-------- Supplied material
//! A mailbox: two threads send integers, and a third receives them.

ghost use Rattle.std.specs.Prelude.{⊤};
ghost use Rattle.brc_count.specs.Frames.{IsUnlocked, Owns};
ghost use Rattle.brc_count.specs.Owned.{Keeps};

use crate::operations::{Integers, Operation};
use brc_count::biased::HasTable;
use brc_count::{Frame, Handle};
use brc_loops::{Awaited, Look, Source, wait_for};
use brc_things::{recv, send};
use brc_words::Fault;
use std::alloc::Allocator;
use std::sync::Wait;
use std::sync::atomic::{AtomicBool, AtomicU64, Ordering};
use std::thread;

/// How many threads send; one more receives.
pub const SENDERS: u32 = 2;

/// How many letters may be under way.
const UNDER_WAY: u64 = 1_024;

/// What the threads tell each other beside the heap.
#[derive(Drop)]
pub struct Post {
    /// How often threads were ready to begin.
    pub ready: AtomicU64,
    /// How many letters have been received, as of the last 64th.
    pub received: AtomicU64,
    /// Whether a thread gave up, so that the others needn't wait for it.
    pub is_given_up: AtomicBool,
}

impl Post {
    /// No thread is ready, and nothing has been received.
    pub fn new() -> Post {
        Post {
            ready: AtomicU64::new(0),
            received: AtomicU64::new(0),
            is_given_up: AtomicBool::new(false),
        }
    }

    /// Waits until so many threads are ready to begin, as this one is, for the first time or the second.
    pub fn begin_together(&self, rt: &impl Wait, threads: u32, time: u64) {
        self.ready.fetch_add(1, Ordering::Relaxed);
        for _ in rt.forever() {
            if self.ready.load(Ordering::Relaxed) >= u64::from(threads).saturating_mul(time) {
                return;
            }
            thread::yield_now();
        }
        unreachable!()
    }

    /// So many letters have been received; each 64th is told.
    #[inline(always)]
    pub fn tell(&self, received: u64) {
        if received % 64 == 0 {
            self.received.store(received, Ordering::Relaxed);
        }
    }

    /// This thread gives up.
    pub fn give_up(&self) {
        self.is_given_up.store(true, Ordering::Relaxed);
    }
}

/// So many letters have been received; meanwhile the thread deals with its own. They won't be where another thread gave
/// up.
#[derive(Drop)]
struct Received<'p> {
    post: &'p Post,
    count: u64,
}

impl<'p, H: HasTable<A>, A: Allocator> Awaited<H, A> for Received<'p> {
    ghost ready = { λ _ _. ⊤ };

    ghost stays = { λ _ _ _ _ ready. ready };

    #[inline(always)]
    fn look(&self, frame: &mut Frame<H, A>) -> Look {
        if self.count <= self.post.received.load(Ordering::Relaxed) {
            return Look::Done;
        }
        if self.post.is_given_up.load(Ordering::Relaxed) {
            return Look::GivenUp;
        }
        frame.poll();
        frame.work(64);
        Look::NotYet
    }
}

/// Not too many letters are under way, after this thread has sent so many. None will be where another thread gave up.
#[inline(always)]
pub fn wait_for_room<R: Wait, H: HasTable<A>, A: Allocator>(
    rt: &R,
    frame: &mut Frame<H, A>,
    post: &Post,
    before: u64,
) -> Option<()>
    requires unlocked { IsUnlocked frame.old }
    ensures keeps { Keeps frame.old frame.new }
    ensures unlocked { IsUnlocked frame.new }
{
    let sent = before.saturating_mul(SENDERS as u64);
    let received = Received {
        post,
        count: sent.saturating_sub(UNDER_WAY),
    };
    wait_for(rt, &received, frame)
}

/// A new integer is sent; it fails where it can't be had or is refused, or another thread gave up.
#[derive(Drop)]
pub struct SendOne<'r, R, A> {
    pub rt: &'r R,
    pub alloc: A,
    pub post: &'r Post,
}

impl<'r, R: Wait, H: HasTable<A>, A: Allocator + Copy> Operation<H, A> for SendOne<'r, R, A> {
    #[inline(always)]
    fn run_on(&self, frame: &mut Frame<H, A>, mailbox: &Handle<A>, before: u64) -> Option<()> {
        wait_for_room(self.rt, frame, self.post, before)?;
        let letter = Integers { alloc: self.alloc }.next(frame, before)?;
        if let Err(handed) = send(self.rt, frame, mailbox, letter) {
            frame.release(handed.value);
            return None;
        }
        frame.poll();
        frame.work(8);
        Some(())
    }
}

/// A letter is there, is received and released. None will be where a call is refused, or another thread gave up.
#[derive(Drop)]
struct Letter<'h, R, A: Allocator> {
    rt: &'h R,
    mailbox: &'h Handle<A>,
    post: &'h Post,
}

impl<'h, R: Wait, H: HasTable<A>, A: Allocator> Awaited<H, A> for Letter<'h, R, A> {
    ghost ready = { λ letter frame. Owns frame letter.mailbox.now };

    ghost stays = { λ letter old new keeps owned. keeps.owns letter.mailbox.now owned };

    #[inline(always)]
    fn look(&self, frame: &mut Frame<H, A>) -> Look {
        match recv(self.rt, frame, self.mailbox) {
            Ok(letter) => {
                frame.release(letter);
                frame.work(8);
                Look::Done
            }
            Err(Fault::NoSuchPlace) => {
                if self.post.is_given_up.load(Ordering::Relaxed) {
                    return Look::GivenUp;
                }
                Look::NotYet
            }
            Err(_) => Look::GivenUp,
        }
    }
}

/// A letter is received, once one is there.
#[derive(Drop)]
pub struct ReceiveOne<'r, R> {
    pub rt: &'r R,
    pub post: &'r Post,
}

impl<'r, R: Wait, H: HasTable<A>, A: Allocator> Operation<H, A> for ReceiveOne<'r, R> {
    #[inline(always)]
    fn run_on(&self, frame: &mut Frame<H, A>, mailbox: &Handle<A>, before: u64) -> Option<()> {
        self.post.tell(before);
        let letter = Letter {
            rt: self.rt,
            mailbox,
            post: self.post,
        };
        wait_for(self.rt, &letter, frame)
    }
}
----------------
- The task: Lines with the word "load": copy each one from the data above.

- Result for this exercise:
            if self.ready.load(Ordering::Relaxed) >= u64::from(threads).saturating_mul(time) {
        if self.count <= self.post.received.load(Ordering::Relaxed) {
        if self.post.is_given_up.load(Ordering::Relaxed) {
                if self.post.is_given_up.load(Ordering::Relaxed) {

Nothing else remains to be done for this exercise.